Brown is claiming that there is no need for a referendum because the document his government is planning to sign up to is not a constitution, but rather a "reform treaty". However, leading trade unionists believe that the changes are insignificant and in some cases merely verbal. The August 25 Morning Star quoted Bob Crow, leader of the Rail, Maritime and Transport (RMT) union, as saying, "Whatever you call the EU treaty, it contains the same anti-democratic mix that was in the constitution killed off by French and Dutch votes in 2005".

Glasgow South Labour MP Ian Davidson agreed with Crow's assessment: "The changes include items such as the title of the document, taking out things about the flag, anthem and a Europe day, calling the foreign minister something else, but other than that it's essentially the same."

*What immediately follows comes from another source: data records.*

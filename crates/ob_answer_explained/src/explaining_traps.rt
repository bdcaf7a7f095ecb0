//! The answers of `explain` on traps. Of a module's text it has the beginning: a module of more bytes is too long.

ghost use Rattle.std.specs.Prelude.{IfOk};
ghost use Rattle.ob_answer_explained.specs.Explains.{AreRecordTrapsExplained, AreTrapsExplained, TellsRecordTraps};
ghost use Rattle.ob_answer_files.specs.Reads.{OfWhole};
ghost use Rattle.ob_answer_explained.specs.CommandTexts.{calls_of_text, calls_texts_of};

use crate::asked_texts::Calls;
use crate::explaining::calls_wrong;
use crate::explaining_runs::record_wrong;
use crate::shown_faults::shown_name;
use ob_answer_files::answered::Answer;
use ob_explained::Source;
use ob_explained_traps::{record_traps_text, traps_text};
use ob_interface::NoMemory;
use ob_object_calls::verify_text;
use std::alloc::Global;

/// The answer to calls.
pub fn explain_traps(alloc: Global, calls: Calls<'_>) -> Result<Answer, NoMemory>
    ensures { IfOk result (OfWhole calls.entry.asked.text.now (λ whole. AreTrapsExplained (calls_of_text (calls_texts_of calls.entry) whole))) }
{
    let module_shown = shown_name(alloc, calls.command.module_name)?;
    let script_shown = shown_name(alloc, calls.command.script_name)?;
    let script = Source {
        name: &script_shown,
        text: calls.script,
    };
    match traps_text(alloc, &module_shown, calls.asked, script) {
        Ok(text) => Ok(Answer::printed(alloc, text)),
        Err(fault) => calls_wrong(alloc, calls, fault),
    }
}

/// The answer to the name and the beginning of a module's text, and to the name and the text of a record.
pub fn explain_record_traps(
    alloc: Global,
    module_name: &str,
    module: &[u8],
    record_name: &str,
    record: &[u8],
) -> Result<Answer, NoMemory>
    ensures { IfOk result (OfWhole «module».now (λ whole. AreRecordTrapsExplained module_name.now whole record_name.now «record».now)) }
{
    match verify_text(alloc, module, record) {
        Ok(()) => record_traps(alloc, module_name, module, record),
        Err(fault) => record_wrong(alloc, module_name, module, record_name, record, fault),
    }
}

/// What is told of a record whose order is legal.
fn record_traps(
    alloc: Global,
    module_name: &str,
    module: &[u8],
    record: &[u8],
) -> Result<Answer, NoMemory>
    ensures { IfOk result (TellsRecordTraps module_name.now «module».now «record».now) }
{
    let shown = shown_name(alloc, module_name)?;
    let object = Source {
        name: &shown,
        text: module,
    };
    match record_traps_text(alloc, object, record) {
        Ok(text) => Ok(Answer::printed(alloc, text)),
        Err(_) => Err(NoMemory),
    }
}
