//! Names: the nearest one, what a name is declared as and where, and the name that stands behind an END.

ghost use Rattle.std.specs.Prelude.{◌≡◌, IfOk};
ghost use Rattle.ob_explain_names.specs.Declarations.{is_there};
ghost use Rattle.ob_evidence.specs.Names.{declared, declared_line, end_name, is_near, near_name, parameters, sort_fact, sort_facts, sort_there};
ghost use Rattle.ob_evidence.specs.Names.{leads_to_statement, needed, needed_first};
ghost use Rattle.ob_evidence.specs.Sites.{scene_of};

use crate::text_site::{Site, is_kind, kind_of};
use ob_explain_names::declarations::declared_as;
use ob_explain_names::known::{Known, Sort};
use ob_explain_names::lookup::sort_of;
use ob_explain_parts::field_names::fields_at;
use ob_explain_sentences::place::place_in;
use ob_explain_sentences::table_rows::Fact;
use ob_explain_tokens::closed_constructs::name_of_end;
use ob_explain_words::distance::{Candidate, FAR};
use ob_explain_words::nearest::{nearest, nearest_token};
use ob_explain_words::need::Need;
use ob_scan::{Kind, Token};
use std::alloc::{AllocError, Global};

/// The name nearest to the word at the place: a field of the record before it, or a name that is visible and stands for what is needed.
pub fn near_name(alloc: Global, site: &Site<'_, '_>) -> Result<Candidate, AllocError>
    ensures { IfOk result (λ near. near ≡ near_name (scene_of site.now)) }
{
    let word = site.word();
    if is_kind(site.last(), Kind::Dot) {
        let fields = fields_at(alloc, site.text, site.known, site.tokens, site.place)?;
        Ok(nearest_token(site.text, &fields, word))
    } else {
        let need = needed(kind_of(site.last()), kind_of(site.next()));
        Ok(nearest(site.text, need, site.known, word))
    }
}

/// What a name has to stand for behind this token and before that one.
fn needed(last: Option<Kind>, next: Option<Kind>) -> Need
    ensures { result ≡ needed last next }
{
    match last {
        Some(Kind::Colon | Kind::Of) => Need::TypeName,
        Some(Kind::Equal) => Need::NoProcedure,
        Some(last) => {
            if leads_to_statement(last) {
                needed_first(next)
            } else {
                Need::Value
            }
        }
        None => Need::Any,
    }
}

/// What the first name of a statement has to stand for, before this token.
fn needed_first(next: Option<Kind>) -> Need
    ensures { result ≡ needed_first next }
{
    match next {
        Some(Kind::Assign | Kind::LeftBracket | Kind::Dot) => Need::Variable,
        Some(_) => Need::Procedure,
        None => Need::Any,
    }
}

/// Whether a statement may begin behind a token.
pub fn leads_to_statement(kind: Kind) -> bool
    ensures { result ≡ leads_to_statement kind }
{
    matches!(
        kind,
        Kind::Semicolon | Kind::Begin | Kind::Then | Kind::Else | Kind::Do | Kind::Repeat
    )
}

/// Whether a name is near.
pub fn is_near(near: Candidate) -> bool
    ensures { result ≡ is_near near }
{
    near.distance != FAR
}

/// The last of the visible names that is the word at the place.
pub fn declared(site: &Site<'_, '_>) -> Option<Known>
    ensures { result ≡ declared (scene_of site.now) }
{
    declared_as(site.text, site.known, site.word())
}

/// Whether there is such a name.
pub fn is_there(name: Option<Known>) -> bool
    ensures { result ≡ is_there name }
{
    match name {
        Some(_) => true,
        None => false,
    }
}

/// The line in which a name is declared.
pub fn declared_line(text: &[u8], name: Option<Known>) -> usize
    ensures { result ≡ declared_line text.now name }
{
    match name {
        Some(name) => place_in(text, name.place).line,
        None => 0,
    }
}

/// What the word at the place is declared as.
pub fn sort_there(site: &Site<'_, '_>) -> Option<Sort>
    ensures { result ≡ sort_there (scene_of site.now) }
{
    sort_of(site.text, site.known, site.word())
}

/// That a name stands for this.
pub fn sort_facts(alloc: Global, sort: Option<Sort>) -> Result<Vec<Fact>, AllocError>
    ensures { IfOk result (λ facts. facts.items ≡ sort_facts sort) }
{
    match sort {
        Some(sort) => Vec::from_slice(alloc, &[Fact::Named, sort_fact(sort)]),
        None => Ok(Vec::new(alloc)),
    }
}

fn sort_fact(sort: Sort) -> Fact
    ensures { result ≡ sort_fact sort }
{
    match sort {
        Sort::Constant => Fact::Constant,
        Sort::TypeName => Fact::TypeName,
        Sort::Variable => Fact::Variable,
        Sort::Procedure(_) => Fact::Procedure,
    }
}

/// How many parameters a procedure has.
pub fn parameters(sort: Option<Sort>) -> usize
    ensures { result ≡ parameters sort }
{
    match sort {
        Some(Sort::Procedure(count)) => count,
        _ => 0,
    }
}

/// The name of what the END before the place closes.
pub fn end_name(site: &Site<'_, '_>) -> Option<Token>
    ensures { result ≡ end_name (scene_of site.now) }
{
    name_of_end(site.before)
}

Dave Prentis, leader of UNISON (Britain's largest public service union), told the Star that unions throughout Europe "have fought tooth and nail to protect their own public services against repeated attempts by European leaders and officials to sell out to foreign business". With right-wing governments in power like Merkel's and Nicolas Sarkozy's in France, the backdoor constitution threatened to become "a borderless blueprint for privatisation". According to a spokesperson for the transport and general (T&G) section of the Unite union quoted in the paper, the treaty "would serve to undermine workers' rights rather than strengthen them".

In the August 21 Morning Star, Steve McGiffen, editor of, spelled out some of the parts of the constitution that remain essentially unchanged in the reform treaty:

•The creation of the post of president of the European Council;

•The creation of a new office of "high representative of foreign affairs";

•The introduction of double majority voting at council, meaning that from 2014 only "50 percent of the states representing 55 percent of the population will have to approve a proposal";
•The abolition of the current national veto over a number of policies;

•The assignment of "legal personality" to the EU, meaning that it will have the legal power to sign international treaties and agreements on behalf of all EU member states;

•A clause explicitly giving priority to EU law over national law.

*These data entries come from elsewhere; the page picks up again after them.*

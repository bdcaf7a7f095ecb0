//! What the task in front does.

ghost use Rattle.ob_typing.specs.Program.{Program};
ghost use Rattle.ob_checked.specs.View.{branches_in, expression_of, otherwise_of, statements_in};
ghost use Rattle.ob_tree.specs.Acting.{Decides, Does, DoesAlways, HasFirst};
ghost use Rattle.ob_tree_tasks.specs.Scoped.{own_in};
ghost use Rattle.ob_tree_law.specs.Work as Work;

use crate::body_run::TreeRun;
use crate::effects::effect_at_once;
use ob_checked::program::{Branch, Expression, Statement};
use ob_code_machine::Instr;
use ob_code_words::effect::Answer;
use ob_tree_tasks::statements::follows;
use ob_tree_tasks::{Scopes, Task};
use wf_object::EngineTurn;

impl<'a> TreeRun<'a> {
    /// An instruction that does not jump.
    #[inline(always)]
    pub(crate) fn compute(&mut self, instr: Instr, block: &mut [i64]) -> EngineTurn
        requires { HasFirst self.old }
        ensures { (program : Program) → Does program (Work.Instruction instr) result self.new block.new self.old block.old }
    {
        match effect_at_once(instr, self.fp, block, &mut self.stack) {
            Answer::Done => {
                self.work.remove_first();
                EngineTurn::On
            }
            Answer::Trap(number) => {
                self.is_over = true;
                EngineTurn::Trapped(number)
            }
            Answer::Stuck => EngineTurn::Stuck,
        }
    }

    /// Takes a turn.
    pub(crate) fn take_turn(&mut self) -> EngineTurn
        requires { HasFirst self.old }
        ensures { DoesAlways Work.Taking result self.new self.old }
    {
        if self.turns == 0 {
            self.is_over = true;
            return EngineTurn::Trapped(5);
        }
        self.turns -= 1;
        self.work.remove_first();
        EngineTurn::On
    }

    /// `&` and OR: where the word on top decides, it is the value; else the right side is.
    pub(crate) fn decide(
        &mut self,
        decides: i64,
        own: Scopes<'a>,
        right: &'a Expression,
    ) -> EngineTurn
        requires { HasFirst self.old }
        ensures { Decides decides (own_in own.entry) (expression_of right.now) result self.new self.old }
    {
        let Some(word) = self.stack.top() else {
            return EngineTurn::Stuck;
        };
        self.work.remove_first();
        if word != decides {
            let below = self.stack.height() - 1;
            self.stack.truncate(below);
            self.work.push(Task::Value {
                own,
                expression: right,
            });
        }
        EngineTurn::On
    }

    /// An alternative, on the value of its condition.
    pub(crate) fn choose(
        &mut self,
        own: Scopes<'a>,
        body: &'a [Statement],
        branches: &'a [Branch],
        otherwise: &'a Option<Vec<Statement>>,
    ) -> EngineTurn
        requires { HasFirst self.old }
        ensures { DoesAlways (Work.Alternative (own_in own.entry) (statements_in body.now) (branches_in branches.now (otherwise_of otherwise.now))) result self.new self.old }
    {
        let Some(word) = self.stack.top() else {
            return EngineTurn::Stuck;
        };
        let below = self.stack.height() - 1;
        self.stack.truncate(below);
        self.work.remove_first();
        if word == 0 {
            self.work.push(Task::Choosing {
                own,
                branches,
                otherwise,
            });
            return EngineTurn::On;
        }
        if follows(branches, otherwise) {
            self.work.push(Task::Over);
        }
        self.work.push(Task::All {
            own,
            statements: body,
        });
        EngineTurn::On
    }

    /// WHILE, on the value of its condition.
    pub(crate) fn go_round(
        &mut self,
        own: Scopes<'a>,
        condition: &'a Expression,
        body: &'a [Statement],
    ) -> EngineTurn
        requires { HasFirst self.old }
        ensures { DoesAlways (Work.Looping (own_in own.entry) (expression_of condition.now) (statements_in body.now)) result self.new self.old }
    {
        let Some(word) = self.stack.top() else {
            return EngineTurn::Stuck;
        };
        let below = self.stack.height() - 1;
        self.stack.truncate(below);
        self.work.remove_first();
        if word != 0 {
            self.work.push(Task::Again {
                own,
                condition,
                body,
            });
            self.work.push(Task::All {
                own,
                statements: body,
            });
            self.work.push(Task::Taking);
        }
        EngineTurn::On
    }

    /// The end of the statements of WHILE.
    pub(crate) fn go_back(
        &mut self,
        own: Scopes<'a>,
        condition: &'a Expression,
        body: &'a [Statement],
    ) -> EngineTurn
        requires { HasFirst self.old }
        ensures { DoesAlways (Work.Again (own_in own.entry) (expression_of condition.now) (statements_in body.now)) result self.new self.old }
    {
        self.work.remove_first();
        self.work.push(Task::While {
            own,
            condition,
            body,
        });
        EngineTurn::On
    }

    /// REPEAT, on the value of its condition.
    pub(crate) fn repeat(
        &mut self,
        own: Scopes<'a>,
        body: &'a [Statement],
        condition: &'a Expression,
    ) -> EngineTurn
        requires { HasFirst self.old }
        ensures { DoesAlways (Work.Until (own_in own.entry) (statements_in body.now) (expression_of condition.now)) result self.new self.old }
    {
        let Some(word) = self.stack.top() else {
            return EngineTurn::Stuck;
        };
        let below = self.stack.height() - 1;
        self.stack.truncate(below);
        self.work.remove_first();
        if word == 0 {
            self.work.push(Task::Repeat {
                own,
                body,
                condition,
            });
        }
        EngineTurn::On
    }

    /// The end of an alternative.
    pub(crate) fn pass_over(&mut self) -> EngineTurn
        requires { HasFirst self.old }
        ensures { DoesAlways Work.Over result self.new self.old }
    {
        self.work.remove_first();
        EngineTurn::On
    }

    /// The end of a procedure.
    pub(crate) fn leave(&mut self) -> EngineTurn
        requires { HasFirst self.old }
        ensures { DoesAlways Work.Leaving result self.new self.old }
    {
        if self.stack.height() < self.fp {
            return EngineTurn::Stuck;
        }
        self.stack.truncate(self.fp);
        match self.frames.pop() {
            Some(height) => {
                self.fp = height;
                self.work.remove_first();
                EngineTurn::On
            }
            None => {
                self.is_over = true;
                EngineTurn::Returned
            }
        }
    }
}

McGiffen also claimed that the treaty would deepen all of the neoliberal economic provisions in the former constitution.

Brown's plan to sign up to the treaty is likely to lead to dissent at the Trades Union Congress conference in September. The Morning Star pointed out that a motion from the RMT calling on the TUC to launch a "No" campaign has already won support from UNISON and the T&G section of Unite.

There has also been some muted dissent from within the ranks of Labour MPs. A letter sent by Labour MP Ian Davidson to Brown on August 26 suggested a number of changes to the proposed treaty that "may remove the need for a referendum". Although the August 29 edition of the Star claimed that Brown has been "rattled" by dissent from Labour MPs over the issue, it seems unlikely that this will lead to any significant pressure being placed on the PM.

Brown's move to break Labour's manifesto commitment to a referendum could lead to the end of the honeymoon period he has been enjoying in the opinion polls since he replaced Tony Blair in June. According to the Morning Star, an ICM poll revealed that "around 82 percent of all voters want the opportunity to vote on the treaty".